Game semantics for coinductive predicates

Question

Does anyone know of any work on game semantics for coinductive predicates?

A coinductive predicate is one where the predicate itself is called in the body of the predicate, and we are taking the meaning of the predicate to be the greatest fixed point of the underlying definition. Such a predicate will be defined over an infinite data structure, such as a stream or infinite tree or labelled transition system and so forth.

An overly simple example is the following (in Haskell):

data Cat = BlackCat | WhiteCat
data Stream a = Stream a (Stream a)

allBlacks :: Stream Cat -> Bool
allBlacks (Stream cat rest) = cat == BlackCat && allBlacks rest

I can define the stream of all black cats as:

blackCats :: Stream Cat
blackCats = Stream BlackCat blackCats

and use coinduction to prove:

allBlacks blackCats

One could think of a coinductive predicate as an infinite conjunction or disjunction, simply by imagining that it is unrolled completely.
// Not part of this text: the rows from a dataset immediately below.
//! A machine: the state in which a program is, and what its carriers have, with the history that gives both.

ghost use Rattle.std.specs.Prelude.{◌≡◌, ◌≤◌, ◌<◌, ◌-◌, ℕ, None, Some, drop, is_some, length, vec_capacity, IfNone, IfOk, IfSome, IsTrue, MatchBool, OnErr, OnOk, false, ◌≢◌};
ghost use Rattle.history.specs.declared.entry.What.TheVariants as whats;
ghost use Rattle.ref_model.specs.declared.ending.Ending.TheVariants as endings;
ghost use Rattle.ref_model.specs.Looks.{is_stalled, look_of};
ghost use Rattle.ref_model.specs.Step.{enabled};
ghost use Rattle.schedule_model.specs.Run.{Scheduled};
ghost use Rattle.step_soundness.specs.OpeningLaws.{IsMain};
ghost use Rattle.link_soundness.specs.Library.{HasLibrary};
ghost use Rattle.startup.specs.Openings.{setting};
ghost use Rattle.machine.specs.Machines.{Given, Known, at_first, errors, limit_reached, machine_ending, output, with_ending, with_entry};
ghost use Rattle.machine.specs.Hands.{AreDequesEmpty, AreTypedInRun, HasEnded, HasPhase, Holds, Idle, IsFirstInDeque, IsLoose, IsMounted, Lives, MayStep, MayUnmount, OwesNothing, TellsIfInDeque};
ghost use Rattle.machine.specs.Legal.{GoesOn, HasEntryLeft, HasNotStalled, HasNotStarved, IsLegal, Works};
ghost use Rattle.machine.specs.Clocks.{Awaits, AwaitsNothing, IsBefore, IsEarliest};
ghost use Rattle.machine.specs.Live.{ListsLive, ListsMounted};
ghost use Rattle.machine.specs.Turns.{HasStepped, IsInTime, IsStepReady, Steps};
ghost use Rattle.machine.specs.declared.after.After.TheVariants as After;
ghost use Rattle.invocation.specs.InvocationCache.{AreSelected};

use crate::after::After;
use crate::begin::{first_deques, first_mounted, first_pins, first_state};
use crate::carriers::{put_frozen, put_if, set_mounted, take_frozen};
use crate::endings::{ended_within, limit_within, may_step};
use crate::entries::{MOST_STEPS, enter_step, make_step, pick_of};
use crate::laws::{is_accepted, main_pins};
use crate::live::{live_in, mounted_in};
use crate::pins::{note_pins, set_pin};
use crate::puts::put_due;
use crate::stalls::{any_deque_goes, any_enabled, first_going};
use continuation::{Frozen, Mounted};
use history::{Entry, What};
use interp_local::Fetched;
use invocation::{InvocationCache, is_pinned};
use items::NoMemory;
use program_state::{ProgramState, earliest, pass_time};
use ref_model::{Ending, Limits};
use run_deques::Deques;
use startup::{ReadyProgram, open_typed};
use std::alloc::Global;
use std::marker::Model;
use vthread_state::Phase;

/// A program that runs, its threads on carriers, with the history of its run. Contracts see what it was given and the history. The type's
/// invariant says that its state, its deques and what its carriers have are those that the history gives, but for the frames of mounted
/// threads, which their carriers have.
#[derive(Drop)]
pub struct Machine<'p> {
    program: &'p ReadyProgram,
    main: u32,
    limits: Limits,
    carriers: u32,
    state: ProgramState,
    deques: Deques,
    mounted: Vec<Option<u32>>,
    // By carrier, whether its thread is pinned, for each that doesn't just go on.
    pins: Vec<bool>,
    history: Vec<Entry>,
    told: Option<Ending>,
}

/// The history of a run, and what the program wrote to its two streams.
#[derive(Drop)]
pub struct Written {
    pub history: Vec<Entry>,
    pub out: Vec<u8>,
    pub err: Vec<u8>,
}

impl<'p> Model for Machine<'p> {
    ghost use Rattle.machine.specs.Machines.{Known};

    ghost Value = { Known };

    ghost use Rattle.machine.specs.Insides.{known, IsSound};

    ghost view = { known };

    ghost invariant = { IsSound };
}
Game semantics in this setting would be straightforward: for an infinite conjunction, the Falsifier needs to select which conjunct to falsify in order to win the game; for an infinite disjunction, the Verifier needs to select which disjunct to satisfy in order to win the game.

There is, however, a natural order in 'evaluating' the coinductive predicate which is ignored when considering it as an infinite conjunction or disjunction, and I would like this ordering to be captured in the game semantics, namely that the game proceeds by playing each disjunct/conjunct in turn.
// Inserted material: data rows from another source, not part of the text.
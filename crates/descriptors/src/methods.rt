//! Descriptors of methods (JVMS 4.3.3).

ghost use Rattle.std.specs.Prelude.{◌≡◌, ℕ, ◌+◌, ◌<◌, ◌^◌, Err, false, length, IfOk};
ghost use Rattle.items.specs.Memory.{OkUnless};
ghost use Rattle.descriptors.specs.declared.error.DescriptorError.TheVariants as errors;
ghost use Rattle.descriptors.specs.declared.kind.Signature.{Signature as AnySignature};
ghost use Rattle.descriptors.specs.Descriptors.{method_spelling, result_spelling, IsResult, IsSignature};
ghost use Rattle.descriptors.specs.Refusal.{IsMethod, IsFirstBad, IsResultText};
ghost use Rattle.descriptors.specs.States as spec;
ghost use Rattle.descriptors.specs.Meaning as meaning;

use crate::error::DescriptorError;
use crate::fields::kind_at;
use crate::fronts::method_bad;
use crate::kind::{Kind, Signature};
use crate::letters::{CLOSE_PARENTHESIS, VOID_LETTER};
use items::Items;
use std::alloc::{AllocError, Global};
use std::marker::Brand;
use std::sync::ledger::{Blank, Ledger};
use steps::Steps;

/// Whether the units are the descriptor of a method (JVMS 4.3.3). This takes no memory.
pub fn is_method_descriptor(units: &[u16]) -> bool
    ensures { result ≡ spec.is_method units.now }
{
    is_method_on::<Brand>(units, Blank::new(1))
}

// `is_method_descriptor`, on a ledger that nobody reads.
fn is_method_on<L: Ledger>(units: &[u16], blank: Blank) -> bool
    requires name { blank.name ≡ L.name }
    requires parts { blank.parts ≡ L.parts }
    requires some { 0 < L.parts }
    ensures { result ≡ spec.is_method units.now }
{
    let mut steps = Steps::<L>::new(blank);
    is_method_counted(units, &mut steps)
}

/// `is_method_descriptor`, with its steps counted.
pub fn is_method_counted<L: Ledger>(units: &[u16], steps: &mut Steps<L>) -> bool
    ensures test { result ≡ spec.is_method units.now }
    // Each unit takes one step, whatever the answer is.
    ensures cost { steps.new ≡ steps.old + length units.now }
{
    method_bad(units, steps).is_none()
}

/// The signature whose descriptor the units are (JVMS 4.3.3). Its arguments take at most 255
/// slots: a long and a double take two each, every other kind one, and the receiver isn't
/// counted.
pub fn method_kind(alloc: Global, units: &[u16]) -> Result<Signature, DescriptorError>
    requires { length units.now < 2 ^ 32 }
    // The units are the descriptor of the signature that it returns.
    ensures found { IfOk result (λ s. IsSignature s × (units.now ≡ method_spelling s)) }
    ensures value { IfOk result (λ s. s ≡ meaning.signature_of units.now) }
    // The descriptor of a signature is read as this signature.
    ensures only { (s : AnySignature) → IsSignature s → units.now ≡ method_spelling s
        → OkUnless result errors.NoMemory (λ found. found ≡ s) }
    // A refusal names the first bad unit.
    ensures bad { (at : ℕ) → result ≡ Err (errors.Bad at) → IsFirstBad IsMethod units.now at }
    ensures none { (at : ℕ) → result ≡ Err (errors.Bad at) → spec.is_method units.now ≡ false }
{
    method_kind_on::<Brand>(alloc, units, Blank::new(1))
}

// `method_kind`, on a ledger that nobody reads.
fn method_kind_on<L: Ledger>(
    alloc: Global,
    units: &[u16],
    blank: Blank,
) -> Result<Signature, DescriptorError>
    requires name { blank.name ≡ L.name }
    requires parts { blank.parts ≡ L.parts }
    requires some { 0 < L.parts }
    requires size { length units.now < 2 ^ 32 }
    ensures found { IfOk result (λ s. IsSignature s × (units.now ≡ method_spelling s)) }
    ensures value { IfOk result (λ s. s ≡ meaning.signature_of units.now) }
    ensures only { (s : AnySignature) → IsSignature s → units.now ≡ method_spelling s
        → OkUnless result errors.NoMemory (λ found. found ≡ s) }
    ensures bad { (at : ℕ) → result ≡ Err (errors.Bad at) → IsFirstBad IsMethod units.now at }
    ensures none { (at : ℕ) → result ≡ Err (errors.Bad at) → spec.is_method units.now ≡ false }
{
    let mut steps = Steps::<L>::new(blank);
    method_kind_counted(alloc, units, &mut steps)
}

/// `method_kind`, with its steps counted.
pub fn method_kind_counted<L: Ledger>(
    alloc: Global,
    units: &[u16],
    steps: &mut Steps<L>,
) -> Result<Signature, DescriptorError>
    requires { length units.now < 2 ^ 32 }
    ensures found { IfOk result (λ s. IsSignature s × (units.now ≡ method_spelling s)) }
    ensures value { IfOk result (λ s. s ≡ meaning.signature_of units.now) }
    ensures only { (s : AnySignature) → IsSignature s → units.now ≡ method_spelling s
        → OkUnless result errors.NoMemory (λ found. found ≡ s) }
    ensures bad { (at : ℕ) → result ≡ Err (errors.Bad at) → IsFirstBad IsMethod units.now at }
    ensures none { (at : ℕ) → result ≡ Err (errors.Bad at) → spec.is_method units.now ≡ false }
    // Each unit takes one step, whatever the answer is. To copy it is part of that step.
    ensures cost { steps.new ≡ steps.old + length units.now }
{
    if let Some(at) = method_bad(units, steps) {
        return Err(DescriptorError::Bad { at: at as u32 });
    }
    Ok(signature_of(alloc, units)?)
}

// The signature of a method's descriptor.
fn signature_of(alloc: Global, units: &[u16]) -> Result<Signature, AllocError>
    requires { IsMethod units.now }
    ensures { IfOk result (λ s. IsSignature s × (units.now ≡ method_spelling s)) }
{
    let mut args = Items::new(alloc);
    let mut rest = &units[1..];
    while rest[0] != CLOSE_PARENTHESIS {
        let (kind, behind) = kind_at(alloc, rest)?;
        args.push(kind)?;
        rest = behind;
    }
    let result = result_of(alloc, &rest[1..])?;
    Ok(Signature { args, result })
}

// The result of a method, or none for `V`.
fn result_of(alloc: Global, units: &[u16]) -> Result<Option<Kind>, AllocError>
    requires { IsResultText units.now }
    ensures { IfOk result (λ r. IsResult r × (units.now ≡ result_spelling r)) }
{
    if units[0] == VOID_LETTER {
        return Ok(None);
    }
    let (kind, _) = kind_at(alloc, units)?;
    Ok(Some(kind))
}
One additional problem I have is understanding which winning condition to use to capture the infinite nature of the predicate. Or to put it in lay persons terms: how do I know that there is no white cat in this supposed infinite stream of black cats––it could merely be after the point I stop looking?

additional example

Consider the following data type (again in Haskell):

data Tree a = Tree (a -> Maybe (Tree a))

Tree A corresponds to the greatest fixed point of the functor $F(X) = (X+1)^A$.

Now assume that there is some relation $R:\subseteq A\times A$. This has no intrinsic meaning, and is just used to formulate the following coinductive predicate. Thinking of $R$ as $\le$ is sufficient.

Consider the following coinductive predicate $covers\subseteq$Tree A$\times$Tree A (defined corecursively):

$\mathit{covers}(\alpha,\beta) = $ $\qquad \forall a\in A\mbox{ if } \alpha(a)\neq\bot \mbox{ then } \exists b\in B \mbox{ such that } a R b \mbox{ and } \beta(b)\neq\bot \mbox{ and } \mathit{covers}(\alpha(a),\beta(b))$.

I'm looking for a formalism for expressing such predicates in terms of game-theoretic semantics. A link to existing work would be greatly appreciated. The main thing I'm having trouble getting my head around is the winning condition (as discussed in some of the comments below). Even though the game goes forever, infinite plays do not constitute a draw.

Answer 1

Vicious Circles by Barwise and Moss is a cornucopia of co-algebraic/co-inductive reasoning, and includes material on co-inductive games.

Not sure if it will help you out in your specific need, but might be the source of some inspiration in this line of reasoning.

Edit (x2):

I think you can follow a modified Ehrenfeucht-Fraïssé style approach like this: Falsifier gets to select any item from the stream/disjunction/conjunction. Verifier then has to show that any such item must be a black cat.

(You could put ordering or number of choices restrictions on Falsifier without loss of generality for a finite set of coinductive rules.)

If you think of coinduction as just induction without a base case, it is obvious that the only (co-)induction rule you have on blackCats is cat == BlackCat, so what else could an individual cat be in that stream? Any cat that Falsifier selects will have to conform to that rule, so Verifier wins.

Obviously this would scale to more numerous and complex coinductive rules, where the "challenge" for Verifier becomes to choose the appropriate rule for whatever item Falsifier chooses.

Colin Sterling's Bisimulation, Model Checking and Other Games, should help you out. His book Modal and Temporal Properties of Processes has similar material, though in less detail.

Answer 2

As a nitpick, you mean data Stream a = ... rather than data Stream a :: ....

Your allBlacks is only a semidecidable predicate, so there is a strategy which leads to a non-terminating game whereby you keep playing BlackCat. From the domain theory perspective, the computation isn't productive in that there is no information increase upon consuming an element from the stream when it equals BlackCat. For that reason I don't think the predicate can really be called coinductive, can it? My suspicion is that this is what underlies your confusion about winning conditions: indefinite stalling is a draw.